そして待つこと数十分、ちょっと周りのお客さんに騒がれながらもようやく僕達の番が回ってくる。
「いらっしゃいませ!お2人で宜しかったですかー?」
「はい」
「では席の方へとご案内させて頂きます。ご注文がお決まりになりましたらベルでお呼びくださいー」
少しだけぽわぽわーっとした店員さんに案内され、お店の奥の少しだけ広い席へと案内された僕達はメニューを開き、そこに書いてある美味しそうなスイーツ達を眺める。
「どれも美味しそうだねぇ……!ねねっ、コレ見てよ!ギガンティックマキシマムジャイアントベリーラージサイズ天を貫く極大怒髪天盛りスペシャル盛りパフェだって!」
「お、おぉ……」
「わっ!百層ミルクレープにパンケーキタワー、虹色ゼリーにバケツプリンまであるよ!」
「凄いなこの店……でも天霧さん、今回の目的はー?」
「これ!限定スイーツ食べ放題っ!ん〜♪楽しみっ!」
「ははっ。んじゃ、店員さんに食べ放題二人分頼むね」
「はーい♪」
「お待たせ致しましたー。

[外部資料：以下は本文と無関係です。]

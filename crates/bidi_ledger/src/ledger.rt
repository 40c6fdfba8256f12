//! The ledger: the fate of each command, and the events of each link.
use bidi_messages::{ErrorCode, EventData, Method, ResultData};
use bidi_tree::JsUint;

/// The accounts of all links.
#[derive(Drop)]
pub struct Ledger {
    /// The accounts, in the order in which their links were opened.
    pub accounts: Vec<Account>,
}

/// The account of one link: its commands with their fates, and the events that it received.
#[derive(Drop)]
pub struct Account {
    /// The number of the link.
    pub link: JsUint,
    /// The commands that its local end sent, in order. Their ids start at 1.
    pub commands: Vec<Entry>,
    /// The events that it received, in order.
    pub events: Vec<EventData>,
    /// The number of commands that its local end refused to send.
    pub unsent: u64,
}

/// A command that was sent, and its fate.
#[derive(Drop)]
pub struct Entry {
    /// The id of the command.
    pub id: JsUint,
    /// The method of the command.
    pub method: Method,
    /// The fate of the command.
    pub fate: Fate,
}

/// The fate of a command.
#[derive(Drop)]
pub enum Fate {
    /// It succeeded, with this result of its method.
    Answered(ResultData),
    /// It failed, with this error code.
    Refused(ErrorCode),
    /// Its link was cut before its reply was taken down.
    Lost,
    /// Its reply was not taken down yet, and its link was not cut.
    Waiting,
}
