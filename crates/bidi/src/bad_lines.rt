//! Why a line of an input is bad, in words.
use bidi_lines::LONGEST_LINE;
use bidi_page::{no_line, no_play_line};
use bidi_run::Recent;
use bidi_script_lines::read_script_text;
use std::alloc::{AllocError, Global};

/// Says what is wrong with the lines of a scripted play after a run that ended with this status: why a line is bad, or that the
/// first line ends in a carriage return. `None` if nothing is known to be wrong.
///
/// # Errors
/// No memory: an allocation failed.
pub(crate) fn input_reason<S>(
    alloc: Global,
    status: u8,
    input: &Recent<S>,
) -> Result<Option<String>, AllocError> {
    if status == 2 {
        return play_reason(alloc, input.recent());
    }
    if input.has_return() {
        let reason = "line 1 ends in a carriage return, which is a part of its last field";
        return Ok(Some(String::from_str(alloc, reason)?));
    }
    Ok(None)
}

// Says why the first bad line of a scripted play is bad; `None` if none is.
fn play_reason(alloc: Global, bytes: &[u8]) -> Result<Option<String>, AllocError> {
    let mut rest = bytes;
    for _ in 0..bytes.len() {
        let (Some(line), Some(behind)) = (line_of(rest), after_line(rest)) else {
            return unended_reason(alloc, rest);
        };
        let reason = line_reason(alloc, line)?;
        if !reason.is_empty() {
            return Ok(Some(reason));
        }
        rest = behind;
    }
    Ok(None)
}

// What is wrong with bytes that have no line feed; `None` if there are none.
fn unended_reason(alloc: Global, bytes: &[u8]) -> Result<Option<String>, AllocError> {
    if bytes.is_empty() {
        return Ok(None);
    }
    if bytes.len() > LONGEST_LINE {
        return Ok(Some(String::from_str(alloc, "more than 2097152 bytes")?));
    }
    Ok(Some(String::from_str(alloc, "no line feed at its end")?))
}

// What is wrong with a line, which is given without its line feed; empty if it is one of a scripted play.
fn line_reason(alloc: Global, line: &[u8]) -> Result<String, AllocError> {
    if line.len() > LONGEST_LINE {
        return String::from_str(alloc, "more than 2097152 bytes");
    }
    let Ok(text) = std::str::from_utf8(line) else {
        return String::from_str(alloc, "not UTF-8");
    };
    if is_script_line(alloc, text)? {
        return Ok(String::new(alloc));
    }
    no_play_line(alloc, text)
}

// Whether a text is a line of a scripted play.
fn is_script_line(alloc: Global, text: &str) -> Result<bool, AllocError> {
    Ok(read_script_text(alloc, text)?.is_some())
}

/// Says why the line of this number, counted from 1, is no line of a page that a file can have.
///
/// # Errors
/// No memory: an allocation failed.
pub(crate) fn page_reason(alloc: Global, bytes: &[u8], number: u64) -> Result<String, AllocError> {
    let mut rest = bytes;
    for _ in 1..number {
        match after_line(rest) {
            Some(behind) => rest = behind,
            None => break,
        }
    }
    match line_of(rest) {
        None => String::from_str(alloc, "no line feed at its end"),
        Some(line) => match std::str::from_utf8(line) {
            Err(_) => String::from_str(alloc, "not UTF-8"),
            Ok("reset" | "end") => String::from_str(alloc, "a file has no `reset` and no `end`"),
            Ok(text) => no_line(alloc, text),
        },
    }
}

// The first line, without its line feed; `None` if there is no line feed.
fn line_of(bytes: &[u8]) -> Option<&[u8]> {
    let end = bytes.iter().position(|b| *b == b'\n')?;
    Some(&bytes[..end])
}

// What comes after the first line; `None` if there is no line feed.
fn after_line(bytes: &[u8]) -> Option<&[u8]> {
    let end = bytes.iter().position(|b| *b == b'\n')?;
    Some(&bytes[end + 1..])
}
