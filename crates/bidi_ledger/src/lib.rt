//! The steps of both ends together, and the ledger of what they did.
//!
//! A [`PairStep`] is one step of a play of both ends: a link is opened or cut, a command is sent, one text is
//! carried up or down, or a page takes a step. A [`Ledger`] has an [`Account`] for each link: the [`Fate`] of
//! each command, and the events that were received.
//!
//! This crate has types and definitions only. `specs/Ledger.antt` says which ledger the steps have;
//! `bidi_link` plays steps, and `bidi_pair_lines` reads steps and writes the ledger, as lines.
#![tactic(auto)]

mod ledger;
mod pair_step;

pub use bidi_remote::PageStep;
pub use ledger::{Account, Entry, Fate, Ledger};
pub use pair_step::PairStep;
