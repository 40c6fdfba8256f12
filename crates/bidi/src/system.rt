//! What lies round a host: the system's clock, the record and the standard streams.
use crate::files::FileFault;
use bidi_host_loop::Surroundings;
use bidi_recorder::HostingFault;
use std::alloc::{AllocError, Global};
use std::fs::{self, File};
use std::io;
use std::io::{Read, Write};
use std::os::fd::{AsRawFd, RawFd};
use std::time::Instant;

/// The descriptor of standard input.
const STANDARD_INPUT: RawFd = 0;

/// The descriptors of the standard streams are below this one.
const STREAMS: RawFd = 3;

/// The file that stands in for a standard stream that is closed.
const NOWHERE: &str = "/dev/null";

/// Opens a file in place of each standard stream that is closed, so that no other file and no socket gets its descriptor.
/// As before, the input cannot be read, and the outputs cannot be written. Hold the files as long as the program runs.
pub(crate) fn held_streams(rt: &HostRuntime) -> io::Result<Vec<File>> {
    let mut held = Vec::new(rt.alloc());
    for _ in 0..STREAMS {
        let read = fs::open(rt, NOWHERE)?;
        match read.as_raw_fd() {
            STANDARD_INPUT => {
                drop(read);
                held.push(fs::create(rt, NOWHERE)?)?;
            }
            fd if fd < STREAMS => held.push(read)?,
            _ => return Ok(held),
        }
    }
    Ok(held)
}

/// A record: its file, and the name that each further file is made of.
#[derive(Drop)]
struct Record {
    path: String,
    // The number of the file; the first has none in its name.
    number: u64,
    file: File,
    // How many bytes of whole lines the file has.
    length: u64,
    // Why the system refused to make or to write the file, if it did.
    refused: Option<io::ErrorKind>,
}

/// The system, and the record where one is kept.
#[derive(Drop)]
pub(crate) struct System<'a> {
    rt: &'a HostRuntime,
    record: Option<Record>,
}

impl<'a> System<'a> {
    /// The system, with a record in this file. A file that is there is emptied.
    ///
    /// # Errors
    /// The system refuses the file.
    pub(crate) fn new(rt: &'a HostRuntime, path: Option<String>) -> Result<System<'a>, FileFault> {
        let record = match path {
            None => None,
            Some(path) => Some(begun(rt, path)?),
        };
        Ok(System { rt, record })
    }

    /// The file of the record that the system refused to make or to write, if it did.
    ///
    /// # Errors
    /// No memory: an allocation failed.
    pub(crate) fn refused(&self) -> Result<Option<FileFault>, AllocError> {
        match &self.record {
            None => Ok(None),
            Some(record) => record.refused(self.rt.alloc()),
        }
    }
}

// A record in a new file.
fn begun(rt: &HostRuntime, path: String) -> Result<Record, FileFault> {
    match fs::create(rt, path.as_str()) {
        Ok(file) => Ok(Record {
            path,
            number: 1,
            file,
            length: 0,
            refused: None,
        }),
        Err(error) => Err(FileFault {
            doing: "write",
            name: path,
            kind: error.kind(),
        }),
    }
}

impl Record {
    // The file of this number, if the system refused to make or to write it.
    fn refused(&self, alloc: Global) -> Result<Option<FileFault>, AllocError> {
        let Some(kind) = self.refused else {
            return Ok(None);
        };
        Ok(Some(FileFault {
            doing: "write",
            name: self.name(alloc)?,
            kind,
        }))
    }

    // The name of the file of this number: `FILE`, `FILE.2`, `FILE.3` and so on.
    fn name(&self, alloc: Global) -> Result<String, AllocError> {
        if self.number == 1 {
            return String::from_str(alloc, self.path.as_str());
        }
        format!(in alloc; "{}.{}", self.path, self.number)
    }

    // Appends a line that has its line feed. Of a line that cannot be written whole nothing stays.
    fn append(&mut self, line: &str) -> Result<(), HostingFault> {
        match self.file.write_all(line.as_bytes()) {
            Ok(()) => {
                self.length = self.length.saturating_add(line.len() as u64);
                Ok(())
            }
            Err(error) => {
                let _ = self.file.set_len(self.length);
                self.refused = Some(error.kind());
                Err(HostingFault::Write)
            }
        }
    }

    // Goes on in the next file.
    fn go_on(&mut self, rt: &HostRuntime) -> Result<(), HostingFault> {
        self.number = self.number.saturating_add(1);
        let path = self.name(rt.alloc())?;
        match fs::create(rt, path.as_str()) {
            Ok(file) => {
                self.file = file;
                self.length = 0;
                Ok(())
            }
            Err(error) => {
                self.refused = Some(error.kind());
                Err(HostingFault::Write)
            }
        }
    }
}

impl<'a> Surroundings for System<'a> {
    fn now(&self) -> io::Result<Instant> {
        Instant::now(self.rt)
    }

    fn record(&mut self, line: &str) -> Result<(), HostingFault> {
        match &mut self.record {
            None => Ok(()),
            Some(record) => {
                let line = format!(in self.rt.alloc(); "{line}\n")?;
                record.append(line.as_str())
            }
        }
    }

    fn next_record(&mut self) -> Result<(), HostingFault> {
        match &mut self.record {
            None => Ok(()),
            Some(record) => record.go_on(self.rt),
        }
    }

    fn input_fd(&self) -> RawFd {
        STANDARD_INPUT
    }

    fn read(&mut self, buffer: &mut [u8]) -> io::Result<usize> {
        self.rt.stdin().read(buffer)
    }

    fn answer(&mut self, line: &str) -> io::Result<()> {
        println!(self.rt; "{line}")
    }

    fn note(&mut self, line: &str) {
        let _ = eprintln!(self.rt; "{line}");
    }
}
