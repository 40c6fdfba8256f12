//! The steps of both ends.
use bidi_messages::CommandData;
use bidi_remote::PageStep;
use bidi_tree::JsUint;

/// A step of both ends. A link has the number of its connection at the remote end. Except for `Open`, a step
/// does nothing if its link was never opened or was cut, and `Up` and `Down` do nothing if no text is queued.
#[derive(Drop)]
pub enum PairStep {
    /// Asks the remote end to open a connection with this resource. If it does, and no link has had this
    /// number, a link is opened.
    Open(JsUint, String),
    /// The local end of the link sends a command; its text is queued.
    Send(JsUint, CommandData),
    /// The oldest text of the local end that is queued is carried up to the remote end.
    Up(JsUint),
    /// The oldest text of the remote end that is queued is carried down to the local end.
    Down(JsUint),
    /// The link is cut: the queued texts are gone, and the pending commands are lost.
    Cut(JsUint),
    /// The clock of the remote end is set to this moment.
    At(JsUint),
    /// A page takes a step by itself.
    Page(PageStep),
}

ご注文お伺いしますー」
「えっとこの限定スイーツ食べ放題を二つ、それとドリンクバーを─────」
「京也君、スイーツを食べるに当たってジュースは無粋だよ」
「お、おう……えっと、じゃあ食べ放題二つだけで」
「はい、かしこまりましたー。所でお客様ー、当店ではカップルで御来店頂くと割引が適用されるのですが、お2人は恋人同士でしょうかー?」
注文を終え、完璧に油断していた僕は、店員さんからの突然の質問に飲もうとしていた水を思いっきり噴き出しそうになりながらもなんとか堪える。
「えっ、えっとそのっ!ぼ、僕達はー……」
か、カップルってその、こ、恋人って事だよね?!
僕達はそういう関係じゃないけど、でも安くなるならば……いやいや!僕は男だぞ!安くなるからってそんな……でも安くなるんなら一時的だけでも…………
「あ、カップルではないです」
「へ?」
「かしこまりましたー」
節約心と男の心の間で揺れていた僕は、京也君にあっさりとそう言われ間抜けな声を漏らすのだった。
その後、少しだけもやもやしつつも次々と届くスイーツを頬張り舌鼓を打ち、帰る頃にはぽっこりお腹で大満足していた。